Instructions to follow:
What lines in the records below contain the string "classes"? Copy every one.

Saved entries:
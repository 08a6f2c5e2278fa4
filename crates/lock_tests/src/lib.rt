//! Tests of the lock: what threads leave in a history, and what each call answers.
#![tactic(auto)]

pub mod counter;
pub mod pairs;
#[cfg(test)]
mod tests;
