/// Whether a script says what that text says.
fn is_commented(script: &Script) -> bool {
    let config = Config {
        w: 8,
        h: 4,
        buffers: 1,
        desktop: colour(0x03_0201),
        calls: 3,
    };
    let create = Call::Create {
        parent: 1,
        x: -2,
        y: 1,
        w: 3,
        h: 0,
        class: 255,
    };
    let lines = [line(1, create), line(16, Call::Exec), line(1, Call::Scan)];
    script.config == config && script.lines.as_slice() == lines.as_slice()
}

/// Whether a script's classes have just these back colours, or none.
fn has_backs(script: &Script, values: &[Option<u32>]) -> bool {
    let classes = script.assets.classes.as_slice();
    let mut pairs = classes.iter().zip(values);
    classes.len() == values.len() && pairs.all(|(class, v)| class.back == v.map(colour))
}

#[test]
fn a_script_with_comments(rt: HostRuntime) {
    let script = read(rt.alloc(), COMMENTED).expect(&rt, "a script");
    assert!(rt; is_commented(&script));
    assert!(rt; has_backs(&script, &[Some(0x03_0201), Some(0x0A_00FF)]));
}

/// A line for each word that names a call, of the tasks in turn.
const EACH_CALL: &str = "mtgui 1\nscreen 8 4\nbuffers 1\ndesktop 000000\n\
    1 create 1 -2 1 3 0 255\n2 delete 4294967295\n3 move_to 2 -32768 32767\n\
    4 move_by 3 -1 1\n5 resize 4 0 65535\n6 show 5\n7 hide 6\n8 to_top 7\n9 to_bottom 8\n\
    10 set_class 9 1\n11 set_trans 10 1\n12 set_trans 11 0\n13 set_value 12 255 -32768\n\
    14 send 13 255 32767\n15 invalidate 14\n16 invalidate_rect 15 1 2 3 4\n\
    1 invalidate_area -1 -2 3 4\n2 exec\n3 exec1\n4 scan\n5 select 16\n6 colour FF8001\n\
    7 bk_colour 0180FF\n8 text_mode normal\n9 text_mode trans\n10 font 255\n11 save\n\
    12 restore\n13 fill -32768 -1 0 32767\n14 frame 32767 2 -3 -32768\n15 line 1 -2 3 -4\n\
    16 bitmap 255 -32768 32767\n1 text 32767 -32768 255\n2 set_memdev 17 1\n\
    3 set_memdev 18 0\n4 dev_create 0 65535\n5 dev_delete 4294967295\n6 dev_select 0\n\
    7 dev_copy 19 -32768 32767\n8 begin\n9 end\n";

Output of the exercise:
/// Whether a script's classes have just these back colours, or none.
    let classes = script.assets.classes.as_slice();
    let mut pairs = classes.iter().zip(values);
    classes.len() == values.len() && pairs.all(|(class, v)| class.back == v.map(colour))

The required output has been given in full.